Great work on doing you own rehab :thumbup: I was considering Bermuda sod but went with Empire Zoysia. Great work though!!


----------



## jayhawk (Apr 18, 2017)

That's cool....love seeing patience


----------



## Colonel K0rn (Jul 4, 2017)

Holy cow, you did a fantastic job. Nice write up. We love to see success stories, especially when we have failures of our own. Be sure to calibrate your sprayer *cough* @Tellycoleman *cough*


----------



## Greendoc (Mar 24, 2018)

Colonel K0rn said:


> Holy cow, you did a fantastic job. Nice write up. We love to see success stories, especially when we have failures of our own. Be sure to calibrate your sprayer *cough* @Tellycoleman *cough*


:nod: Dancing to the music while spraying always seemed risky. I am from the Ozzy and def leppard on the Walkman era.


----------



## MHalpin (May 21, 2018)

Movingshrub said:


> Out of curiosity, what was your fert plan during grow-in? All milorganite?


The first year was all Milorganite. I was deathly afraid of burning it with synthetics and figured Milo was a good product to learn on because it's idiot proof. This year I'm putting on my big boy pants and working with synthetics. I have a 50 lbs bag of 34-3-3 I got for free from Solutions Self Chem. I'll be dropping 1 lbs N per 1000 with Milo as a carrier every month.


----------



## cnet24 (Jul 14, 2017)

Looks awesome! One thing I would recommend, depending on your comfort level is spraying this area with PGR. A lot of people on the forum use it to create horizontal growth without the mowing frequency of low bermuda. I've just started using it this year and already seeing benefit after one application.


----------



## MHalpin (May 21, 2018)

cnet24 said:


> Looks awesome! One thing I would recommend, depending on your comfort level is spraying this area with PGR. A lot of people on the forum use it to create horizontal growth without the mowing frequency of low bermuda. I've just started using it this year and already seeing benefit after one application.


Thanks! That's a solid tip. I'll have to look into it!


----------



## Rackhouse Mayor (Sep 4, 2017)

When I bought my first house after college I had to add about a foot (in height) of dirt to my back property line and sod it to fill in the air gap on the privacy fence (previous owner/builder didn't take the top soil all the way to the property line). I was broke and decided to spread St. Aug sod out like you did your Bermuda. It definitely works - just need patience and several leveling jobs. Congrats on the yard.


----------



## BigWu812 (May 25, 2018)

I just stumbled on this website through YouTube. I bought about 20 pieces of Tiftuf from Supersod, chopped into little pieces with a shovel and planted in my back yard in the summer of 2016. I don't regret the decision.


----------



## BigWu812 (May 25, 2018)




----------



## Colonel K0rn (Jul 4, 2017)

BigWu812 said:


> I just stumbled on this website through YouTube. I bought about 20 pieces of Tiftuf from Supersod, chopped into little pieces with a shovel and planted in my back yard in the summer of 2016. I don't regret the decision.

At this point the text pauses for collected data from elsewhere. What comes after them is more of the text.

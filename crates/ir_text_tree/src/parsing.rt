//! From tokens to the flat tree, by one loop.
ghost use Rattle.std.specs.Prelude.{◌≡◌, ◌+◌, ◌<◌, ◌≤◌, ◌^◌, ◌++◌, ◌∷◌, [], reverse, Ok, IfOk, IfErr, IfSome, OnOk};
ghost use Rattle.ir_text_tree.specs.TreeFaults.{fault_place};
ghost use Rattle.ir_text_tree.specs.TextSteps.{innermost, renested};
ghost use Rattle.ir_text_tree.specs.Trees.{Body, IsWholeText, Spells, tree_rows};
ghost use Rattle.ir_text_tree.specs.Parsings.{IsParsing, IsReadOn, IsReadOut, start_state, is_inside, ended_row, token_row, last_row, listed, text_behind, brackets_behind, depth_behind, rows_read};
ghost use Rattle.ir_text_tree.specs.Rows.{row, joined, GoForward, piece_spans, row_spans};

use crate::fault::Fault;
use crate::row::{Part, Row, Span};
use crate::sort::Piece;
use crate::text_step::{Bracket, Nesting};
use crate::tree_step::{Action, Mode, Step, is_whole, tree_step, wanted};
use std::alloc::{AllocError, Global};

// The last of the open brackets.
fn last_of(brackets: &Vec<Bracket>) -> Option<Bracket>
    ensures { result ≡ innermost (reverse brackets.now.items) }
{
    brackets.last().copied()
}

// Whether at least one region is open.
fn is_inside(depth: usize) -> bool
    ensures { result ≡ is_inside depth }
{
    depth > 0
}

// Opens a bracket, or closes the last.
fn renest(brackets: &mut Vec<Bracket>, nesting: Nesting) -> Result<(), AllocError>
    ensures { OnOk result (reverse brackets.new.items ≡ renested nesting (reverse brackets.old.items)) }
{
    match nesting {
        Nesting::Kept => {}
        Nesting::Opened(bracket) => brackets.push(bracket)?,
        Nesting::Closed => {
            brackets.pop();
        }
    }
    Ok(())
}

// The text with a token behind it.
fn joined(text: Span, token: Span) -> Span
    ensures { result ≡ joined text token }
{
    Span {
        start: text.start,
        end: token.end,
    }
}

// The row of the text that ends before a token, if one does.
fn ended_row(ended: Option<Part>, text: Span) -> Option<Row>
    ensures { result ≡ ended_row ended text }
{
    match ended {
        None => None,
        Some(part) => Some(Row { part, span: text }),
    }
}

// The row of a type that ends where the tokens end, if one does.
fn last_row(mode: Mode, text: Span) -> Option<Row>
    ensures { result ≡ last_row mode text }
{
    match mode {
        Mode::Bare => Some(Row {
            part: Part::OnlyResultType,
            span: text,
        }),
        _ => None,
    }
}

// Puts a row.
fn put_row(rows: &mut Vec<Row>, part: Part, span: Span) -> Result<(), AllocError>
    ensures { OnOk result (rows.new.items ≡ rows.old.items ++ row part span ∷ []) }
{
    rows.push(Row { part, span })?;
    Ok(())
}

// Puts a row, if there is one.
fn put(rows: &mut Vec<Row>, row: Option<Row>) -> Result<(), AllocError>
    ensures { OnOk result (rows.new.items ≡ rows.old.items ++ listed row) }
{
    if let Some(row) = row {
        put_row(rows, row.part, row.span)?;
    }
    Ok(())
}

/// Where the reader of a tree is, between two tokens.
#[derive(Clone, Copy)]
pub struct State {
    /// Which token may follow.
    pub mode: Mode,
    /// How many regions are open.
    pub depth: usize,
    /// The type, value or location that goes on; else a span that counts for nothing.
    pub text: Span,
}

// Where the reader is: in this mode, with so many regions open, and in that text.
fn state_of(mode: Mode, depth: usize, text: Span) -> State
    ensures mode { result.mode ≡ mode }
    ensures depth { result.depth ≡ depth }
    ensures text { result.text ≡ text }
{
    State { mode, depth, text }
}

// Does with a token what becomes of it: puts its row, if it has one, and opens or closes brackets. The answer is where the reader is then.
#[inline(always)]
fn act(
    rows: &mut Vec<Row>,
    brackets: &mut Vec<Bracket>,
    state: State,
    action: Action,
    token: Span,
    to: Mode,
) -> Result<State, AllocError>
    requires { state.depth + 1 < 2 ^ 64 }
    ensures rows { OnOk result (rows.new.items ≡ rows.old.items ++ listed (token_row action token state.text)) }
    ensures brackets { OnOk result (reverse brackets.new.items ≡ brackets_behind action (reverse brackets.old.items)) }
    ensures mode { IfOk result (λ s. s.mode ≡ to) }
    ensures depth { IfOk result (λ s. s.depth ≡ depth_behind action state.depth) }
    ensures text { IfOk result (λ s. s.text ≡ text_behind action token state.text) }
{
    let depth = state.depth;
    let text = state.text;
    match action {
        Action::Skip => Ok(state_of(to, depth, text)),
        Action::Put(part) => {
            put_row(rows, part, token)?;
            Ok(state_of(to, depth, text))
        }
        Action::Start(nesting) => {
            brackets.clear();
            renest(brackets, nesting)?;
            Ok(state_of(to, depth, token))
        }
        Action::Extend(nesting) => {
            renest(brackets, nesting)?;
            Ok(state_of(to, depth, joined(text, token)))
        }
        Action::Join(part) => {
            put_row(rows, part, joined(text, token))?;
            Ok(state_of(to, depth, text))
        }
        Action::Open => {
            put_row(rows, Part::Open, token)?;
            Ok(state_of(to, depth + 1, text))
        }
        Action::Close => {
            put_row(rows, Part::Close, token)?;
            Ok(state_of(to, depth.saturating_sub(1), text))
        }
    }
}

/// Before all tokens.
pub fn start() -> State
    ensures { result ≡ start_state }
{
    State {
        mode: Mode::Start,
        depth: 0,
        text: Span { start: 0, end: 0 },
    }
}

/// Reads one token more, and puts the rows that it completes behind the others. `brackets` are those that are open in the type, value or location that goes on. The answer is where the reader is then.
///
/// # Errors
/// `OutOfMemory`, or what has to stand in place of the token.
pub fn read_piece(
    rows: &mut Vec<Row>,
    brackets: &mut Vec<Bracket>,
    state: State,
    piece: Piece,
) -> Result<State, Fault>
    requires shallow { state.depth + 1 < 2 ^ 64 }
    // Of all tokens the same is read as before.
    ensures reads { IsReadOn rows.old.items (reverse brackets.old.items) state piece rows.new.items (reverse brackets.new.items) result }
    // At most one more region is open.
    ensures deepens { IfOk result (λ to. to.depth ≤ state.depth + 1) }
    // The place of a fault is where the token begins.
    ensures placed { IfErr result (λ e. IfSome (fault_place e) (λ at. at ≡ piece.span.start)) }
{
    let inside = is_inside(state.depth);
    let step = tree_step(state.mode, inside, last_of(brackets), piece.sort);
    let Step::Go { ended, action, to } = step else {
        return Err(Fault::Expected {
            wanted: wanted(state.mode, inside),
            at: piece.span.start,
        });
    };
    put(rows, ended_row(ended, state.text))?;
    let behind = act(rows, brackets, state, action, piece.span, to)?;
    Ok(behind)
}

/// Ends the tokens of a text of so many bytes, and puts the row of the type that ends there, if one does.
///
/// # Errors
/// `OutOfMemory`, or what has to stand at the end.
pub fn finish(rows: &mut Vec<Row>, state: State, end: u32) -> Result<(), Fault>
    // What is read of the tokens up to their end are the rows, or the fault.
    ensures reads { IsReadOut end rows.old.items state rows.new.items result }
    // The place of a fault is the end.
    ensures placed { IfErr result (λ e. IfSome (fault_place e) (λ at. at ≡ end)) }
{
    let inside = is_inside(state.depth);
    if !is_whole(state.mode, inside) {
        return Err(Fault::Expected {
            wanted: wanted(state.mode, inside),
            at: end,
        });
    }
    put(rows, last_row(state.mode, state.text))?;
    Ok(())
}

// Reads all of the tokens of a text that ends at that index.
fn read_all(alloc: Global, end: u32, pieces: &[Piece]) -> Result<Vec<Row>, Fault>
    ensures { IsParsing (λ v. v.items) result (rows_read end pieces.now) }
{
    let mut rows = Vec::new(alloc);
    let mut brackets = Vec::new(alloc);
    let mut state = start();
    for piece in pieces {
        state = read_piece(&mut rows, &mut brackets, state, *piece)?;
    }
    finish(&mut rows, state, end)?;
    Ok(rows)
}

/// The rows of the tokens of a text of so many bytes: of operations with all that stands in them, in the order of the text.
///
/// # Errors
/// `OutOfMemory`, and else the first fault.
pub fn parse(alloc: Global, end: u32, pieces: &[Piece]) -> Result<Vec<Row>, Fault>
    // What is read is a tree: the tokens spell it, and these are its rows.
    ensures found { IfOk result (λ v. (b : Body) × IsWholeText b × Spells pieces.now b × (v.items ≡ tree_rows b)) }
    // Tokens that spell a tree are read as its rows, unless memory runs out.
    ensures only { (b : Body) → IsWholeText b → Spells pieces.now b → IsParsing (λ v. v.items) result (Ok (tree_rows b)) }
    // Where the spans of the tokens go forward up to that end, so do the spans of the rows.
    ensures in_order { GoForward end 0 (piece_spans pieces.now) → IfOk result (λ v. GoForward end 0 (row_spans v.items)) }
    // Which fault it is, and where.
    ensures exact { IsParsing (λ v. v.items) result (rows_read end pieces.now) }
{
    read_all(alloc, end, pieces)
}
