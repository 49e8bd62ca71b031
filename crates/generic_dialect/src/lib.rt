//! The dialect `Generic`, for any input in MLIR's generic textual form.
//!
//! Names of operations and the texts of types, attributes and locations are saved in the context, once each, and are named by their places there. Nothing is known of an operation but what the table of operations says.
#![tactic(auto)]

mod attribute_keys;
mod generic;
mod key_laws;
mod kind_laws;
mod kinds;
mod saved;
mod texts;

pub use attribute_keys::{key_bytes, key_identifier, properties_key};
pub use generic::{Generic, GenericAttr, GenericLoc, GenericSaved, GenericType, KeptAttr};
pub use kinds::{Kind, OPEN_KINDS, OPEN_NAMES, kind_name, table_kind};
pub use texts::TextId;

/// Laws of keys and of kinds.
pub mod laws {
    pub use crate::key_laws::{keys_stand_apart, properties_stand_apart};
    pub use crate::kind_laws::{kinds_and_numbers, pure_kinds_are_safe};
}
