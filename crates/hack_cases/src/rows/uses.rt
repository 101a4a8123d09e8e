// Calls, members, `new` and index. Each answer was worked out by hand from docs/language.md, Typing expressions, and then held against two
// other programs; none was taken from this one. A row is as in expressions.rt: declarations, of which the last is a function, or a class of
// which the last member is a method, that returns the expression; and its type, the variables that it changes, and the diagnostics in the
// order in which they come, also where one of them comes twice. Lines behind `--` name the part of docs/language.md.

Glad you found us, and glad to have you here! :thumbup:


----------



## BigWu812 (May 25, 2018)

Here's a current picture. If I can do it, anyone can.


----------



## turfman73 (May 1, 2018)

I have the ultimate respect for those using plugs or seed. I would be so frustrated until it grew in. I don't have the patience to wait that long

Nice Job!!


----------



## MHalpin (May 21, 2018)

BigWu812 said:


> I just stumbled on this website through YouTube. I bought about 20 pieces of Tiftuf from Supersod, chopped into little pieces with a shovel and planted in my back yard in the summer of 2016. I don't regret the decision.


How long did it take to fill in? My plugs were 2" plugs planted about 5" apart on average. It took about 4 months to fill in.


----------



## RandyMan (May 17, 2018)

Nice Job!

I am currently making my bermuda lawn bigger too.I just bought one of those pro pluggers.Memorial day weekend I plugged around 100 plugs.Good to see some pics of them spreading from using the plugger..I have had great success in cutting sprigs growing from around garden beds I have and transplanting them in areas by digging a little 6 inch hole and throwing them in it and covering them up and watering them in.Bermuda is so tough!
Only thing I hate about bermuda is the dormancy period.I am right above you near dalton, ga..And the dormancy period for me is about 4-5 months.Felt like 6 months this year


----------